Work to be completed -
Using the records below, filter for lines that contain the string "holds" and copy them out.

Stored items from a collection -
// Calls of parity files and what they answer. No function here tells what it did: so a proof gathers no facts.
use disk_model::{Failed, Vault};
use rand_core::utils::NextWord;
use rand_pcg::Pcg32;

/// More bytes than a level gets here.
pub(super) const WIDTH: usize = 24;

pub(super) type Buffer = [u8; WIDTH];

/// A call of one level.
#[derive(Clone, Copy)]
pub(super) enum Call {
    Len,
    /// From this place on so many bytes.
    Read(u32, usize),
    /// From this place on so many letters, from this one on.
    Write(u32, usize, usize),
    SetLen(u32),
    Sync,
}

/// Reads the whole level.
pub(super) const ALL: Call = Call::Read(0, WIDTH);

/// What a call answers.
#[derive(Clone, Copy, Debug, PartialEq, Eq)]
pub(super) enum Answer {
    Done,
    Failed,
    /// There is no such level, or there are no such letters.
    Missing,
    Size(u64),
    /// So many bytes, with zeros behind them.
    Bytes(usize, Buffer),
}

static LETTERS: [u8; 36] = *b"abcdefghijklmnopqrstuvwxyz0123456789";

/// Makes a call.
pub(super) fn answer_of<V: Vault>(vault: &mut V, level: u32, call: Call) -> Answer {
    if level >= vault.levels() {
        return Answer::Missing;
    }
    match call {
        Call::Len => match vault.parity_len(level) {
            Ok(len) => Answer::Size(len),
            Err(Failed) => Answer::Failed,
        },
        Call::Read(at, count) => read(vault, level, at, count),
        Call::Write(at, count, first) => {
            let Some(text) = LETTERS.get(first..first.saturating_add(count)) else {
                return Answer::Missing;
            };
            done(vault.parity_write(level, u64::from(at), text))
        }
        Call::SetLen(len) => done(vault.parity_set_len(level, u64::from(len))),
        Call::Sync => done(vault.parity_sync(level)),
    }
}

fn read<V: Vault>(vault: &mut V, level: u32, at: u32, count: usize) -> Answer {
    if level >= vault.levels() {
        return Answer::Missing;
    }
    let mut out = [0; WIDTH];
    let (front, _) = out.split_at_mut(count.min(WIDTH));
    match vault.parity_read(level, u64::from(at), front) {
        Ok(got) => Answer::Bytes(got, out),
        Err(Failed) => Answer::Failed,
    }
}

fn done(answer: Result<(), Failed>) -> Answer {
    match answer {
        Ok(()) => Answer::Done,
        Err(Failed) => Answer::Failed,
    }
}

/// Makes a call, and makes it again where it failed.
pub(super) fn answer_at_last<V: Vault>(vault: &mut V, level: u32, call: Call) -> Answer {
    match answer_of(vault, level, call) {
        Answer::Failed => answer_of(vault, level, call),
        got => got,
    }
}

/// Whether two vaults hold the same in a level.
pub(super) fn are_alike<V: Vault, W: Vault>(one: &mut V, other: &mut W, level: u32) -> bool {
    for call in [Call::Len, ALL] {
        if answer_at_last(one, level, call) != answer_of(other, level, call) {
            return false;
        }
    }
    true
}

/// A number below this one.
pub(super) fn draw(random: &mut Pcg32, count: u32) -> u32 {
    random.next_word() % count.max(1)
}

/// Any call. A level gets at most 23 bytes by it.
pub(super) fn draw_call(random: &mut Pcg32) -> Call {
    let at = draw(random, 16);
    let count = draw(random, 8) as usize;
    let first = draw(random, 26) as usize;
    match draw(random, 8) {
        0 => Call::Len,
        1 => Call::Read(at, count),
        2 | 3 | 4 => Call::Write(at, count, first),
        5 | 6 => Call::SetLen(draw(random, 24)),
        _ => Call::Sync,
    }
}
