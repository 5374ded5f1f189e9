// What a stop leaves of a split level, whatever it leaves of the parts.
use crate::tests::calls::{ALL, Answer, answer_of, draw, draw_call};
use crate::tests::unsynced::Unsynced;
use crate::tests::vaults::{FEW, HIDDEN, Short, one_level, plain_file, three_files};
use disk_memory::MemVault;
use disk_model::Vault;
use rand_pcg::Pcg32;
use std::alloc::Global;
use std::test::Fail;

// Bytes that pick an image after the last call: lengths of parts, and bytes at places that may be torn.
fn choice(random: &mut Pcg32, kind: u32) -> [u8; 64] {
    let mut bytes = [0xff; 64];
    for byte in bytes.iter_mut().skip(8) {
        let low = draw(random, 10).to_le_bytes()[0];
        *byte = match kind {
            0 => 0,
            1 => 0xff,
            _ if draw(random, 8) == 0 => low,
            _ => 0,
        };
    }
    bytes
}

// Makes calls of both levels up to the stop. Gives what may be left then.
fn make<V: Vault, W: Vault>(split: &mut V, plain: &mut W, random: &mut Pcg32) -> Unsynced {
    let mut kept = Unsynced::synced(answer_of(plain, 0, ALL));
    for _ in 0..20u32 {
        let call = draw_call(random);
        kept.begin(call);
        if answer_of(split, 0, call) == Answer::Failed {
            return kept;
        }
        answer_of(plain, 0, call);
        kept.end(call, answer_of(plain, 0, ALL));
    }
    kept
}

// What reads of the level whose parts are an image of this base.
fn left(alloc: Global, base: &MemVault, choice: &[u8]) -> Result<Answer, Fail> {
    let mut image = one_level::<Short>(alloc, base.image(choice)?, FEW)?;
    Ok(answer_of(&mut image, 0, ALL))
}

// Stops after so many calls of the base. Says how many images were not what is read.
fn play(alloc: Global, seed: u64, calls: u64) -> Result<u32, Fail> {
    let mut base = three_files(alloc, HIDDEN)?;
    base.stop_after(calls);
    let mut split = one_level::<Short>(alloc, base, FEW)?;
    let mut plain = plain_file(alloc)?;
    let mut random = Pcg32::new(seed, 22);
    let kept = make(&mut split, &mut plain, &mut random);
    let base = split.into_base();
    let read = answer_of(&mut plain, 0, ALL);
    let mut others = 0u32;
    for kind in 0..8 {
        let left = left(alloc, &base, &choice(&mut random, kind))?;
        if !kept.may_leave(left) {
            return Err(Fail::new(format_args!("{left:?} of seed {seed} after {calls}")));
        }
        if left != read {
            others = others.saturating_add(1);
        }
    }
    Ok(others)
}

#[test]
fn a_stop_leaves_of_a_split_level_what_it_may_leave_of_a_plain_one(
    rt: HostRuntime,
) -> Result<(), Fail> {
    let mut others = 0u32;
    for seed in 0..10 {
        for calls in 0..60 {
            others = others.saturating_add(play(rt.alloc(), seed, calls)?);
        }
    }
    assert!(rt; others > 1000);
    Ok(())
}
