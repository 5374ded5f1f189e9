// The damaged cells of a stripe of the window, written anew.
ghost use Rattle.std.specs.Prelude.{◌≡◌, ◌<◌, ◌≤◌, length, map, IfOk, IfErr};
ghost use Rattle.repair_scope.specs.Plan.{seen};
ghost use Rattle.snap_fix.specs.Handed.{CanExamineOne, CanMendOne, MendsNotOne, MendsOne};
ghost use Rattle.snap_fix.specs.Repairing.{outside};

use super::Repaired;
use super::cells::mend_column;
use crate::plan::Examined;
use disk_model::{Folder, Sink};
use file_restorer::States;
use repair_scope::Plan;
use snap_report::{Lines, Report};
use stripe_reader::Starts;

/// Writes the damaged blocks of the selected cells of a stripe that are known, column by column, each to the file of its
/// record. Of a cell whose block is not known, its record has a lost block then. It fails by the folder of a column, which
/// is answered.
pub(crate) fn mend_files<F: Folder, W: Sink>(
    plan: &Plan<'_>,
    one: &Examined<'_>,
    starts: &mut Starts,
    states: &mut States,
    folders: &mut [F],
    lines: &mut Lines<'_, W>,
    reports: &mut Vec<Box<dyn Report>>,
) -> Result<Repaired, u32>
    requires can { CanExamineOne (seen plan.now) one.now }
    requires mend { CanMendOne (seen plan.now) one.now starts.old states.old (map F.view folders.old) }
    ensures mended { IfOk result (MendsOne W.view standing stands (seen plan.now) one.now
        (outside starts.old states.old (map F.view folders.old) lines.old reports.old.items)
        (outside starts.new states.new (map F.view folders.new) lines.new reports.new.items)) }
    ensures failed { IfErr result (MendsNotOne W.view standing stands (seen plan.now) one.now
        (outside starts.old states.old (map F.view folders.old) lines.old reports.old.items)
        (outside starts.new states.new (map F.view folders.new) lines.new reports.new.items)) }
{
    let mut repaired = Repaired::NONE;
    for d in 0..plan.table.disks() {
        let folder = &mut folders[d as usize];
        let column = mend_column(plan, one, d, starts, states, folder, lines, reports);
        let Ok(more) = column else {
            return Err(d);
        };
        repaired = Repaired {
            blocks: repaired.blocks + more.blocks,
            counts: repaired.counts.and(more.counts),
        };
    }
    Ok(repaired)
}
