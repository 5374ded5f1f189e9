// A vault is handed out with its levels split, and comes back.
use crate::caller::work_split;
use crate::tests::vaults::{FEW, HIDDEN, lens, three_files};
use disk_model::Vault;
use std::test::Fail;

#[test]
fn a_vault_comes_back(rt: HostRuntime) -> Result<(), Fail> {
    let base = three_files(rt.alloc(), HIDDEN)?;
    if base.levels() != 3 {
        return Err(Fail::new(format_args!("not a base of three files")));
    }
    let parts = vec![in rt.alloc(); 3u32]?;
    let (mut base, done) = work_split(base, parts, FEW, 0, 7);
    assert_eq!(rt; done, Ok(()));
    assert_eq!(rt; lens(&mut base)?, [5, 2, 0]);
    Ok(())
}
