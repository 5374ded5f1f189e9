// Calls at random answer of split levels what they answer of plain ones.
use crate::tests::calls::{answer_of, are_alike, draw, draw_call};
use crate::tests::vaults::three_levels;
use disk_memory::MemVault;
use disk_model::Vault;
use rand_pcg::Pcg32;
use std::alloc::Global;
use std::test::Fail;

// So many calls of both vaults.
fn agree<V: Vault, W: Vault>(split: &mut V, plain: &mut W, seed: u64) -> Result<(), Fail> {
    let mut random = Pcg32::new(seed, 20);
    for number in 0..200u32 {
        let level = draw(&mut random, 3);
        let call = draw_call(&mut random);
        if answer_of(split, level, call) != answer_of(plain, level, call) {
            return Err(Fail::new(format_args!("call {number} of seed {seed}")));
        }
        for level in 0..3 {
            if !are_alike(split, plain, level) {
                return Err(Fail::new(format_args!(
                    "level {level} after call {number} of seed {seed}"
                )));
            }
        }
    }
    Ok(())
}

fn play(alloc: Global, seed: u64) -> Result<u64, Fail> {
    let base = MemVault::new(alloc, 6, 0)?;
    let mut split = three_levels(alloc, base)?;
    let mut plain = MemVault::new(alloc, 3, 0)?;
    agree(&mut split, &mut plain, seed)?;
    Ok(split.faults())
}

#[test]
fn split_levels_answer_what_plain_ones_do(rt: HostRuntime) -> Result<(), Fail> {
    for seed in 0..20 {
        let faults = play(rt.alloc(), seed)?;
        assert_eq!(rt; faults, 0);
    }
    Ok(())
}
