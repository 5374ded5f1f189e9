// What a stop may leave of a level, by the calls since its last sync.
use crate::tests::calls::{Answer, Buffer, Call, WIDTH};

/// What a level reads as, and what was done to it since its last sync.
#[derive(Clone, Copy)]
pub(super) struct Unsynced {
    read: Buffer,
    len: usize,
    /// Places that were written, cut off or added.
    touched: [bool; WIDTH],
    /// The least length and the greatest.
    least: usize,
    greatest: usize,
}

impl Unsynced {
    /// It reads so, and was just synced.
    pub(super) fn synced(read: Answer) -> Unsynced {
        let (len, read) = match read {
            Answer::Bytes(len, bytes) => (len, bytes),
            _ => (0, [0; WIDTH]),
        };
        Unsynced {
            read,
            len,
            touched: [false; WIDTH],
            least: len,
            greatest: len,
        }
    }

    fn touch(&mut self, from: usize, to: usize) {
        for (place, touched) in self.touched.iter_mut().enumerate() {
            if from <= place && place < to {
                *touched = true;
            }
        }
    }

    /// A call is made, and may stop half way.
    pub(super) fn begin(&mut self, call: Call) {
        match call {
            Call::Write(at, count, _) => {
                let end = (at as usize).saturating_add(count);
                self.touch(self.len.min(at as usize), end);
                self.greatest = self.greatest.max(end);
            }
            Call::SetLen(len) => {
                let len = len as usize;
                self.touch(self.len.min(len), self.len.max(len));
                self.least = self.least.min(len);
                self.greatest = self.greatest.max(len);
            }
            Call::Len | Call::Read(_, _) | Call::Sync => {}
        }
    }

    /// The call went well, and the level reads so now.
    pub(super) fn end(&mut self, call: Call, read: Answer) {
        if let Call::Sync = call {
            *self = Unsynced::synced(read);
        } else if let Answer::Bytes(len, bytes) = read {
            self.read = bytes;
            self.len = len;
        }
    }

    /// Whether a stop may leave of the level what reads so.
    pub(super) fn may_leave(&self, left: Answer) -> bool {
        let Answer::Bytes(len, bytes) = left else {
            return false;
        };
        let places = bytes.iter().zip(&self.read).zip(&self.touched);
        for ((left, read), touched) in places.take(len) {
            if !*touched && left != read {
                return false;
            }
        }
        self.least <= len && len <= self.greatest
    }
}
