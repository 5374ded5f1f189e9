// Split levels over vaults in memory.
ghost use Rattle.std.specs.Prelude.{◌≡◌, ℕ, ◌<◌, List, [], ◌∷◌, IfOk, OnOk};
ghost use Rattle.disk_model.specs.Vault.{IsSettled};
ghost use Rattle.disk_memory.specs.Vault.{vault_view};

use disk_memory::MemVault;
use disk_model::Vault;
use parity_split::{Shape, SplitVault};
use std::alloc::Global;
use std::test::Fail;

/// How many bytes a part holds where calls are made at random.
pub(super) const FEW: u64 = 5;

/// One level of three short parts.
pub(super) struct Short;

impl Shape for Short {
    ghost counts = { 3 ∷ [] };

    ghost capacity = { 5 };
}

/// One level of three parts of 2,048 bytes.
pub(super) struct Long;

impl Shape for Long {
    ghost counts = { 3 ∷ [] };

    ghost capacity = { 2048 };
}

/// Three levels of short parts.
pub(super) struct Three;

impl Shape for Three {
    ghost counts = { 2 ∷ 1 ∷ 3 ∷ [] };

    ghost capacity = { 5 };
}

/// One level of three parts.
pub(super) fn one_level<P: Shape>(
    alloc: Global,
    base: MemVault,
    capacity: u64,
) -> Result<SplitVault<MemVault, P>, Fail>
    requires settled { IsSettled (vault_view base) }
    requires counts { P.counts ≡ 3 ∷ [] }
    requires capacity { capacity ≡ P.capacity }
    requires some { 0 < capacity }
{
    if base.levels() != 3 {
        return Err(Fail::new(format_args!("not a base of three files")));
    }
    let parts = vec![in alloc; 3u32]?;
    Ok(SplitVault::new(base, parts, capacity))
}

/// Levels of two parts, one and three.
pub(super) fn three_levels(
    alloc: Global,
    base: MemVault,
) -> Result<SplitVault<MemVault, Three>, Fail>
    requires { IsSettled (vault_view base) }
{
    if base.levels() != 6 {
        return Err(Fail::new(format_args!("not a base of six files")));
    }
    let parts = vec![in alloc; 2u32, 1, 3]?;
    Ok(SplitVault::new(base, parts, FEW))
}

/// Gives a file of a base these bytes.
pub(super) fn put(base: &mut MemVault, file: u32, bytes: &[u8]) -> Result<(), Fail>
    requires { IsSettled (vault_view base.old) }
    ensures { OnOk result (IsSettled (vault_view base.new)) }
{
    if file >= base.levels() {
        return Err(Fail::new(format_args!("no file {file}")));
    }
    base.set_parity(file, bytes)?;
    Ok(())
}

/// Three files with these bytes.
pub(super) fn three_files(alloc: Global, files: [&[u8]; 3]) -> Result<MemVault, Fail>
    ensures { IfOk result (λ base. IsSettled (vault_view base)) }
{
    let mut base = MemVault::new(alloc, 3, 0)?;
    put(&mut base, 0, files[0])?;
    put(&mut base, 1, files[1])?;
    put(&mut base, 2, files[2])?;
    Ok(base)
}

/// Three files of which the second and the third stand behind the end of the level.
pub(super) static HIDDEN: [&[u8]; 3] = [b"ABC", b"DEFGHI", b"JKL"];

/// A file that holds what the level of these three does.
pub(super) fn plain_file(alloc: Global) -> Result<MemVault, Fail> {
    let mut plain = MemVault::new(alloc, 1, 0)?;
    put(&mut plain, 0, HIDDEN[0])?;
    Ok(plain)
}

/// How many bytes each of the first three files of a vault has.
pub(super) fn lens<V: Vault>(vault: &mut V) -> Result<[u64; 3], Fail> {
    if vault.levels() < 3 {
        return Err(Fail::new(format_args!("fewer than three files")));
    }
    let first = vault.parity_len(0)?;
    let second = vault.parity_len(1)?;
    let third = vault.parity_len(2)?;
    Ok([first, second, third])
}
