// A call of a split level that fails once: what it leaves, and that it may be made again.
use crate::tests::calls::{ALL, Answer, Call, answer_of, are_alike, draw_call};
use crate::tests::unsynced::Unsynced;
use crate::tests::vaults::{FEW, HIDDEN, Short, one_level, plain_file, three_files};
use disk_model::Vault;
use rand_pcg::Pcg32;
use std::alloc::Global;
use std::test::Fail;

// Makes a call of both levels, once more where it fails.
fn make<V: Vault, W: Vault>(split: &mut V, plain: &mut W, kept: &mut Unsynced, call: Call) -> bool {
    kept.begin(call);
    let mut got = answer_of(split, 0, call);
    if got == Answer::Failed {
        if !kept.may_leave(answer_of(split, 0, ALL)) {
            return false;
        }
        got = answer_of(split, 0, call);
    }
    if got != answer_of(plain, 0, call) || !are_alike(split, plain, 0) {
        return false;
    }
    kept.end(call, answer_of(plain, 0, ALL));
    true
}

fn agree<V: Vault, W: Vault>(split: &mut V, plain: &mut W, seed: u64) -> Result<(), Fail> {
    let mut random = Pcg32::new(seed, 21);
    let mut kept = Unsynced::synced(answer_of(plain, 0, ALL));
    for number in 0..30u32 {
        let call = draw_call(&mut random);
        if !make(split, plain, &mut kept, call) {
            return Err(Fail::new(format_args!("call {number} of seed {seed}")));
        }
    }
    Ok(())
}

// How many calls of the base failed.
fn play(alloc: Global, seed: u64, failing: u64) -> Result<u64, Fail> {
    let mut base = three_files(alloc, HIDDEN)?;
    base.fail_at(failing)?;
    let mut split = one_level::<Short>(alloc, base, FEW)?;
    let mut plain = plain_file(alloc)?;
    agree(&mut split, &mut plain, seed)?;
    Ok(split.faults())
}

#[test]
fn each_call_fails_once_and_is_made_again(rt: HostRuntime) -> Result<(), Fail> {
    for seed in 0..4 {
        for failing in 1..121 {
            let faults = play(rt.alloc(), seed, failing)?;
            assert_eq!(rt; faults, 1, "call {failing} of seed {seed}");
        }
    }
    Ok(())
}
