//! The contents of an instance, at all brokers.
ghost use Rattle.std.specs.Prelude.{◌≡◌, ◌≢◌, ℕ, ◌+◌, ◌-◌, ◌*◌, ◌<◌, ◌≤◌, ◌↔◌, ◌++◌, ◌∷◌, [], true, ◌⊎◌, IsTrue, IsSome, IfOk, IfSome, OnOk, List, Contains, Some, None, is_some, length, map, option_map, slice_index_or, slice_set, sum_by};
ghost use Rattle.std.specs.List.{AllByRecursion as Each, list_any};
ghost use Rattle.fl_digest.specs.declared.BlobRef.{BlobRef as Reference};
ghost use Rattle.fl_digest.specs.Reference.{reference_of};
ghost use Rattle.blob_store.specs.Blobs.{blob_at};
ghost use Rattle.cache_node.specs.Order.{Names};
ghost use Rattle.cache_node.specs.Cache.{any_at, clean_at, dirty_at};
ghost use Rattle.kvs_txn.specs.declared.txn.By.{By as Command};
ghost use Rattle.kvs_rules.specs.Log.{Happened, Log, same_command};
ghost use Rattle.kvs_rules.specs.Namespaces.{Request as Asked, Setting};
ghost use Rattle.kvs_rules.specs.Brokers.{IsContent, has_got, holds, parent};
ghost use Rattle.kvs_rules.specs.declared.events.KvsEvent.TheVariants as event;
ghost use Rattle.kvs_content.specs.Messages.{AreSettled, IsAbove, deliveries_left, is_offer_on, is_want_on, loads_of, offer_of, offers_left, outcome, same_bytes, want_of, wants_left};
ghost use Rattle.kvs_content.specs.Node.{GetsOrDrops, IsDropping, IsFlush, IsGetting, empty_node};
ghost use Rattle.kvs_content.specs.Steps.{AreAlike, AreLinksEmpty, IsLighter, answered, can_deliver, waiting};
ghost use Rattle.kvs_content.specs.Sound.{ArePlaced, IsCarried, IsDirty, IsGiftNamed, IsGiftSame, IsSoundBut, IsSoundContent, IsWantNamed, IsWantSame};
ghost use Rattle.kvs_content.specs.Value.{node_at, size_of};
ghost use Rattle.kvs_content.specs.Agrees.{AgreesContent, Follows, FollowsAlways, GiftAgrees, IsBlob, IsFound, IsFrom, IsKept, IsLoad, IsNoted, IsRefused, IsRuled, MayAnswer, MayLoad, WantAgrees};

use crate::node::{Flush, KvsEvents, Node};
use crate::offers::{Offer, OfferStage, first_offer, is_offered, settle};
use crate::outcomes::{Answer, Delivery, Load, Loaded, Stored};
use crate::wants::{Gift, Want, WantStage, bytes_of, first_want, is_waiting, is_wanted, toward};
use blob_store::{BlobStore, PutFault};
use fl_digest::{BlobRef, Hash};
use kvs_txn::By;
use lists::{Bytes, Copied, ListOf};
use std::alloc::{AllocError, Global};
use std::marker::Model;

/// Rank 0's store, what each broker keeps, and the messages between brokers. After want of memory
/// nothing is said of it.
#[derive(Drop)]
pub struct Contents {
    alloc: Global,
    fanout: u32,
    hash: Hash,
    store: BlobStore,
    nodes: Vec<Node>,
    offers: Vec<Offer>,
    wants: Vec<Want>,
}

impl Model for Contents {
    ghost use Rattle.kvs_content.specs.Value.{ContentValue};

    ghost Value = { ContentValue };

    ghost view = { λ c. record {
      fanout = c.fanout;
      hash = c.hash;
      store = c.store;
      nodes = c.nodes.items;
      offers = c.offers.items;
      wants = c.wants.items;
    } };
}

/// What became of a content that came to rank 0.
#[derive(Drop)]
struct Taken {
    accepted: bool,
    events: KvsEvents,
}

/// What a broker found under a reference: at rank 0 there may be nothing, and any other broker that
/// has nothing asks on.
#[derive(Drop)]
struct Found {
    stage: WantStage,
    events: KvsEvents,
}
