// How a script lies in memory: its expressions in a node list, its types and names in tables. Definitions and laws; the reader that
// fills the tables is a layer above.
#![tactic(auto)]

mod counts;
mod definition;
mod function;
mod laws;
mod limits;
mod node;
mod tables;
mod type_node;
mod word;

pub use counts::Counts;
pub use definition::{Annotation, Constructor, Datatype, Define, Definition, Val};
pub use function::{Function, Functions, Half};
pub use laws::layout_stands;
pub use limits::{DEPTH, NODES};
pub use node::{Node, NodeForm};
pub use tables::Tables;
pub use type_node::{TypeForm, TypeNode};
pub use word::Word;
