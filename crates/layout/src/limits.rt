// Limits of a script that more than one crate knows.

// The most nodes.
pub const NODES: usize = 4096;

// How deep expressions and types nest: the most brackets that are open in a text.
pub const DEPTH: usize = 64;
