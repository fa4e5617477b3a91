// How much a script has of each.
#[derive(Clone, Copy, PartialEq, Eq)]
pub struct Counts {
    pub nodes: usize,
    pub types: usize,
    pub definitions: usize,
    pub datatypes: usize,
    // defines and vals together
    pub bindings: usize,
    pub constructors: usize,
    // of all defines together
    pub parameters: usize,
}
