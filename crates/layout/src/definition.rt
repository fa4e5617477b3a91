// The definitions of a script. Each has the place of its first byte; numbers are those of entries in the tables and the node list.
use super::Word;

#[derive(Clone, Copy, PartialEq, Eq)]
pub struct Datatype {
    pub place: u16,
    pub name: Word,
    // its constructors: the number of the first, and the number after the last
    pub first: u16,
    pub past: u16,
}

#[derive(Clone, Copy, PartialEq, Eq)]
pub struct Constructor {
    pub place: u16,
    pub name: Word,
    // the number of its datatype's definition
    pub datatype: u16,
    // its field types: the number of the first type node, and the number after the last
    pub first: u16,
    pub past: u16,
    // how many fields it has
    pub fields: u8,
}

impl Constructor {
    // an entry that no constructor uses
    pub const UNUSED: Constructor = Constructor {
        place: 0,
        name: Word::UNUSED,
        datatype: 0,
        first: 0,
        past: 0,
        fields: 0,
    };
}

#[derive(Clone, Copy, PartialEq, Eq)]
pub struct Annotation {
    pub place: u16,
    pub name: Word,
    // the type node of its type
    pub root: u16,
}

#[derive(Clone, Copy, PartialEq, Eq)]
pub struct Define {
    pub place: u16,
    pub name: Word,
    // its parameters: the number of the first, and the number after the last
    pub first: u16,
    pub past: u16,
    // the node of its body
    pub body: u16,
}

#[derive(Clone, Copy, PartialEq, Eq)]
pub struct Val {
    pub place: u16,
    pub name: Word,
    // the node of its expression
    pub body: u16,
}

#[derive(Clone, Copy, PartialEq, Eq)]
pub enum Definition {
    // an entry that no definition uses; a case, since the list is of one fixed size and an `Option` around each entry takes more room
    Unused,
    Datatype(Datatype),
    Annotation(Annotation),
    Define(Define),
    Val(Val),
}
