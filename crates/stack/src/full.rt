// The answer of a push that found no room.
#[derive(Clone, Copy, Debug, PartialEq, Eq)]
pub struct Full;
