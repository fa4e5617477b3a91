// The functions of a script. An annotation opens a function's entry and its define fills it, or the other way round.
use super::Word;

// The two halves of a function.
#[derive(Clone, Copy, PartialEq, Eq)]
pub enum Half {
    Annotation,
    Define,
}

// The numbers of the annotation's and the define's definitions, as far as there are any.
#[derive(Clone, Copy, PartialEq, Eq)]
pub struct Function {
    pub name: Word,
    pub annotation: Option<u16>,
    pub define: Option<u16>,
}

// The entries in the order in which they were opened. Each annotation and each define opens one at most.
// An array with its count: a library takes no heap.
#[derive(Clone, Copy)]
pub struct Functions {
    pub count: usize,
    pub entries: [Function; 768],
}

Written answer -
/// How many bytes a part holds where calls are made at random.
/// A file that holds what the level of these three does.
ghost use Rattle.kvs_rules.specs.Brokers.{IsContent, has_got, holds, parent};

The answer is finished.